§ Exercise:
Here are some entries. Print them exactly as they are.

§ The input:
◆ ◆ ◆ ◆ ◆

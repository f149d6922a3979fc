// The walk over a whole chunk: where each function starts, where what follows its nested functions starts, and which function it
// is nested in; or refusals 1 to 6. The bytes and the table travel side by side: a struct of both would hold a `&mut`, and each step
// would have to promise that it stays the same. A cast narrows only what a limit bounds: offsets of a chunk that is not too long, and
// numbers of at most 256 functions. Of an offset a type would be made at each step and taken apart again.
ghost use Rattle.std.specs.Prelude.{◌≡◌, ◌<◌, ◌≤◌, ◌++◌, [], get_or, set};
ghost use Rattle.basics.specs.Range.{only};
ghost use Rattle.lua51_deserializer.specs.Chunk.{nowhere, here, walked, most_bytes, most_functions, exactly, signature, header, begin, finish, function, ends, walk};
ghost use Rattle.lua51_deserializer.specs.Cursor.{read_of, Inside};
ghost use Rattle.lua51_deserializer.specs.Walked.{places_of};

use crate::fields::{
    BYTE_SIZE, ChunkFault, MOST, code, constants, count_to, field, head, lines, locals, names,
};
use basics::slices::at_or;
use lua51_value::bytes::int_at;

// The place of one function. The offsets are kept as u32, which hold every offset of a chunk that is not too long.
#[derive(Clone, Copy, PartialEq, Eq, Debug)]
pub struct Place {
    // where it starts
    pub start: u32,
    // where what follows its nested functions starts
    pub tail: u32,
    // the number of the function that it is nested in; 0 for main, as the zeroed table has it: its own number keeps it from being its child
    pub parent: u8,
}

// Where there is no function: zeros, as the table holds where none has begun.
pub const NOWHERE: Place = Place {
    start: 0,
    tail: 0,
    parent: 0,
};

// The functions that have begun, by number. Document 01 names the form, '[0; 256] of function start offsets': full-size zeroed arrays,
// with the count of those that have begun beside them.
#[derive(Clone, Copy)]
pub struct Functions {
    // where each starts: 1,024 bytes
    pub starts: [u32; MOST_FUNCTIONS],
    // where what follows its nested functions starts: 1,024 bytes
    pub tails: [u32; MOST_FUNCTIONS],
    // the number of the function that it is nested in: 256 bytes, as no number is above 255
    pub parents: [u8; MOST_FUNCTIONS],
    // how many have begun
    pub count: usize,
}

// A chunk that was walked, with the table of its functions. Each is lent for its own time: the table may be walked into again while the
// bytes stay lent.
#[derive(Clone, Copy)]
pub struct Chunk<'a, 'b> {
    pub bytes: &'a [u8],
    pub functions: &'b Functions,
}

impl Functions {
    // A table in which none has begun.
    pub fn new() -> Self
        ensures { places_of result ≡ [] }
    {
        Self {
            starts: [0; MOST_FUNCTIONS],
            tails: [0; MOST_FUNCTIONS],
            parents: [0; MOST_FUNCTIONS],
            count: 0,
        }
    }

    // A function that is nested in function `parent` begins at offset `start`.
    fn add(&mut self, start: usize, parent: u8)
        requires { (self.old.count < most_functions) × (start ≤ most_bytes) }
        ensures { places_of self.new ≡ places_of self.old ++ only (record { start = start; tail = 0; parent = parent }) }
    {
        let number = self.count;
        let next = number + 1;
        self.starts[number] = start as u32;
        self.tails[number] = 0;
        self.parents[number] = parent;
        self.count = next;
    }

    // What follows the nested functions of function `me` starts at offset `tail`.
    fn end(&mut self, me: u8, tail: usize)
        requires { tail ≤ most_bytes }
        ensures { let at = get_or (places_of self.old) me nowhere in places_of self.new ≡ set (places_of self.old) me (record { start = at.start; tail = tail; parent = at.parent }) }
    {
        self.tails[usize::from(me)] = tail as u32;
    }
}

// Limits: refusals 1 and 5.
const MOST_BYTES: usize = 65536;

pub const MOST_FUNCTIONS: usize = 256;

const MOST_DEPTH: usize = 32;

// What a chunk begins with.
const HEADER: [u8; 12] = [
    0x1B, 0x4C, 0x75, 0x61, 0x51, 0x00, 0x01, 0x04, 0x04, 0x04, 0x08, 0x00,
];

// A byte that must be `b`.
#[tactic(auto, using(crate::proofs::FieldsInTurn::exactly_in_turn))]
fn exactly(s: &[u8], at: usize, b: u8) -> Result<usize, ChunkFault>
    ensures { read_of result ≡ exactly s.now b at }
{
    let behind = field(s, at, BYTE_SIZE)?;
    if at_or(s, at, 0) != b {
        return Err(ChunkFault::HeaderDiffers(at));
    }
    Ok(behind)
}

// The header, from offset 0 on.
fn signature(s: &[u8]) -> Result<usize, ChunkFault>
    ensures { read_of result ≡ signature s.now header 0 }
{
    HEADER.iter().try_fold(0, |at, b| exactly(s, at, *b))
}

// A function that is nested in function `parent` begins at offset `at`: it is placed, and all up to its nested functions is
// read.
#[tactic(auto, unfolding(crate::specs::Chunk::begin))]
fn begin(s: &[u8], at: usize, parent: u8, functions: &mut Functions) -> Result<usize, ChunkFault>
    requires { (functions.old.count < most_functions) × (at ≤ most_bytes) }
    ensures { walked (read_of result) (places_of functions.new) ≡ begin s.now parent (places_of functions.old) at }
{
    functions.add(at, parent);
    let words = head(s, at)?;
    let values = code(s, words)?;
    constants(s, values)
}

// Function `me` ends with what stands at offset `at`: the rest of it is read.
#[tactic(auto, unfolding(crate::specs::Chunk::finish))]
fn finish(s: &[u8], at: usize, me: u8, functions: &mut Functions) -> Result<usize, ChunkFault>
    requires { at ≤ most_bytes }
    ensures { walked (read_of result) (places_of functions.new) ≡ finish s.now me (places_of functions.old) at }
{
    functions.end(me, at);
    let variables = lines(s, at)?;
    let upvalues = locals(s, variables)?;
    names(s, upvalues)
}

// A function with its nested functions, with `depth` levels left.
fn function(
    s: &[u8],
    at: usize,
    depth: usize,
    parent: u8,
    functions: &mut Functions,
) -> Result<usize, ChunkFault>
    requires { Inside s.now (here at) }
    ensures { walked (read_of result) (places_of functions.new) ≡ function s.now depth parent (places_of functions.old) at }
{
    if depth == 0 || MOST_FUNCTIONS <= functions.count {
        return Err(ChunkFault::TooManyFunctions(at));
    }
    let me = functions.count as u8;
    let count_at = begin(s, at, parent, functions)?;
    let mut reached = count_to(s, count_at, MOST)?;
    let count = int_at(s, count_at);
    // A `try_fold` is no plainer: its closure would change the table that it holds, and so has to repeat this function's contract.
    for i in 0..count {
        reached = function(s, reached, depth - 1, me, functions)?;
    }
    finish(s, reached, me, functions)
}

// Nothing may be behind main.
#[tactic(auto, unfolding(crate::specs::Chunk::ends))]
fn ends(s: &[u8], at: usize) -> Result<usize, ChunkFault>
    ensures { read_of result ≡ ends s.now at }
{
    if at < s.len() {
        return Err(ChunkFault::LeftOver(at));
    }
    Ok(at)
}

// The whole chunk: the header, main with all that is nested in it, and nothing behind it. What the table held before is forgotten.
pub fn walk(s: &[u8], functions: &mut Functions) -> Result<usize, ChunkFault>
    ensures { walked (read_of result) (places_of functions.new) ≡ walk s.now }
{
    functions.count = 0;
    if MOST_BYTES < s.len() {
        return Err(ChunkFault::TooLong);
    }
    let main = signature(s)?;
    let behind = function(s, main, MOST_DEPTH, 0, functions)?;
    ends(s, behind)
}
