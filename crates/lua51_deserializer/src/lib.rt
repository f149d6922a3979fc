// Reading a compiled Lua 5.1 chunk: its fields, and the walk over its functions.
#![tactic(auto)]

pub mod chunk; // the walk over a chunk's functions
pub mod elements; // the elements of counted lists
pub mod fields; // the fields of a chunk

◆ ◆ ◆ ◆ ◆

§ Completed task:
repository f149d6922a3979fc
// The walk over a whole chunk: where each function starts, where what follows its nested functions starts, and which function it
// is nested in; or refusals 1 to 6. The bytes and the table travel side by side: a struct of both would hold a `&mut`, and each step
// would have to promise that it stays the same. A cast narrows only what a limit bounds: offsets of a chunk that is not too long, and
// numbers of at most 256 functions. Of an offset a type would be made at each step and taken apart again.
ghost use Rattle.std.specs.Prelude.{◌≡◌, ◌<◌, ◌≤◌, ◌++◌, [], get_or, set};
ghost use Rattle.basics.specs.Range.{only};
ghost use Rattle.lua51_deserializer.specs.Chunk.{nowhere, here, walked, most_bytes, most_functions, exactly, signature, header, begin, finish, function, ends, walk};
ghost use Rattle.lua51_deserializer.specs.Cursor.{read_of, Inside};
ghost use Rattle.lua51_deserializer.specs.Walked.{places_of};

use crate::fields::{
    BYTE_SIZE, ChunkFault, MOST, code, constants, count_to, field, head, lines, locals, names,
};
use basics::slices::at_or;
use lua51_value::bytes::int_at;

// The place of one function. The offsets are kept as u32, which hold every offset of a chunk that is not too long.
#[derive(Clone, Copy, PartialEq, Eq, Debug)]
pub struct Place {
    // where it starts
    pub start: u32,
    // where what follows its nested functions starts
    pub tail: u32,
    // the number of the function that it is nested in; 0 for main, as the zeroed table has it: its own number keeps it from being its child
    pub parent: u8,
}

// Where there is no function: zeros, as the table holds where none has begun.
pub const NOWHERE: Place = Place {
    start: 0,
    tail: 0,
    parent: 0,
};

// The functions that have begun, by number. Document 01 names the form, '[0; 256] of function start offsets': full-size zeroed arrays,
// with the count of those that have begun beside them.
#[derive(Clone, Copy)]
pub struct Functions {
    // where each starts: 1,024 bytes
    pub starts: [u32; MOST_FUNCTIONS],
    // where what follows its nested functions starts: 1,024 bytes
    pub tails: [u32; MOST_FUNCTIONS],
    // the number of the function that it is nested in: 256 bytes, as no number is above 255
    pub parents: [u8; MOST_FUNCTIONS],
    // how many have begun
    pub count: usize,
}

// A chunk that was walked, with the table of its functions. Each is lent for its own time: the table may be walked into again while the
// bytes stay lent.
#[derive(Clone, Copy)]
pub struct Chunk<'a, 'b> {
    pub bytes: &'a [u8],
    pub functions: &'b Functions,
}

impl Functions {
    // A table in which none has begun.
    pub fn new() -> Self
        ensures { places_of result ≡ [] }
    {
        Self {
            starts: [0; MOST_FUNCTIONS],
            tails: [0; MOST_FUNCTIONS],
            parents: [0; MOST_FUNCTIONS],
            count: 0,
        }
    }

    // A function that is nested in function `parent` begins at offset `start`.
    fn add(&mut self, start: usize, parent: u8)
        requires { (self.old.count < most_functions) × (start ≤ most_bytes) }
        ensures { places_of self.new ≡ places_of self.old ++ only (record { start = start; tail = 0; parent = parent }) }
    {
        let number = self.count;
        let next = number + 1;
        self.starts[number] = start as u32;
        self.tails[number] = 0;
        self.parents[number] = parent;
        self.count = next;
    }

    // What follows the nested functions of function `me` starts at offset `tail`.
    fn end(&mut self, me: u8, tail: usize)
        requires { tail ≤ most_bytes }
        ensures { let at = get_or (places_of self.old) me nowhere in places_of self.new ≡ set (places_of self.old) me (record { start = at.start; tail = tail; parent = at.parent }) }
    {
        self.tails[usize::from(me)] = tail as u32;
    }
}

// Limits: refusals 1 and 5.
const MOST_BYTES: usize = 65536;

pub const MOST_FUNCTIONS: usize = 256;

const MOST_DEPTH: usize = 32;

// What a chunk begins with.
const HEADER: [u8; 12] = [
    0x1B, 0x4C, 0x75, 0x61, 0x51, 0x00, 0x01, 0x04, 0x04, 0x04, 0x08, 0x00,
];

// A byte that must be `b`.
#[tactic(auto, using(crate::proofs::FieldsInTurn::exactly_in_turn))]
fn exactly(s: &[u8], at: usize, b: u8) -> Result<usize, ChunkFault>
    ensures { read_of result ≡ exactly s.now b at }
{
    let behind = field(s, at, BYTE_SIZE)?;
    if at_or(s, at, 0) != b {
        return Err(ChunkFault::HeaderDiffers(at));
    }
    Ok(behind)
}

// The header, from offset 0 on.
fn signature(s: &[u8]) -> Result<usize, ChunkFault>
    ensures { read_of result ≡ signature s.now header 0 }
{
    HEADER.iter().try_fold(0, |at, b| exactly(s, at, *b))
}

// A function that is nested in function `parent` begins at offset `at`: it is placed, and all up to its nested functions is
// read.
#[tactic(auto, unfolding(crate::specs::Chunk::begin))]
fn begin(s: &[u8], at: usize, parent: u8, functions: &mut Functions) -> Result<usize, ChunkFault>
    requires { (functions.old.count < most_functions) × (at ≤ most_bytes) }
    ensures { walked (read_of result) (places_of functions.new) ≡ begin s.now parent (places_of functions.old) at }
{
    functions.add(at, parent);
    let words = head(s, at)?;
    let values = code(s, words)?;
    constants(s, values)
}

// Function `me` ends with what stands at offset `at`: the rest of it is read.
#[tactic(auto, unfolding(crate::specs::Chunk::finish))]
fn finish(s: &[u8], at: usize, me: u8, functions: &mut Functions) -> Result<usize, ChunkFault>
    requires { at ≤ most_bytes }
    ensures { walked (read_of result) (places_of functions.new) ≡ finish s.now me (places_of functions.old) at }
{
    functions.end(me, at);
    let variables = lines(s, at)?;
    let upvalues = locals(s, variables)?;
    names(s, upvalues)
}

// A function with its nested functions, with `depth` levels left.
fn function(
    s: &[u8],
    at: usize,
    depth: usize,
    parent: u8,
    functions: &mut Functions,
) -> Result<usize, ChunkFault>
    requires { Inside s.now (here at) }
    ensures { walked (read_of result) (places_of functions.new) ≡ function s.now depth parent (places_of functions.old) at }
{
    if depth == 0 || MOST_FUNCTIONS <= functions.count {
        return Err(ChunkFault::TooManyFunctions(at));
    }
    let me = functions.count as u8;
    let count_at = begin(s, at, parent, functions)?;
    let mut reached = count_to(s, count_at, MOST)?;
    let count = int_at(s, count_at);
    // A `try_fold` is no plainer: its closure would change the table that it holds, and so has to repeat this function's contract.
    for i in 0..count {
        reached = function(s, reached, depth - 1, me, functions)?;
    }
    finish(s, reached, me, functions)
}

// Nothing may be behind main.
#[tactic(auto, unfolding(crate::specs::Chunk::ends))]
fn ends(s: &[u8], at: usize) -> Result<usize, ChunkFault>
    ensures { read_of result ≡ ends s.now at }
{
    if at < s.len() {
        return Err(ChunkFault::LeftOver(at));
    }
    Ok(at)
}

// The whole chunk: the header, main with all that is nested in it, and nothing behind it. What the table held before is forgotten.
pub fn walk(s: &[u8], functions: &mut Functions) -> Result<usize, ChunkFault>
    ensures { walked (read_of result) (places_of functions.new) ≡ walk s.now }
{
    functions.count = 0;
    if MOST_BYTES < s.len() {
        return Err(ChunkFault::TooLong);
    }
    let main = signature(s)?;
    let behind = function(s, main, MOST_DEPTH, 0, functions)?;
    ends(s, behind)
}
filename crates/lua51_deserializer/src/lib.rt
repository f149d6922a3979fc
// Reading a compiled Lua 5.1 chunk: its fields, and the walk over its functions.
#![tactic(auto)]

pub mod chunk; // the walk over a chunk's functions
pub mod elements; // the elements of counted lists
pub mod fields; // the fields of a chunk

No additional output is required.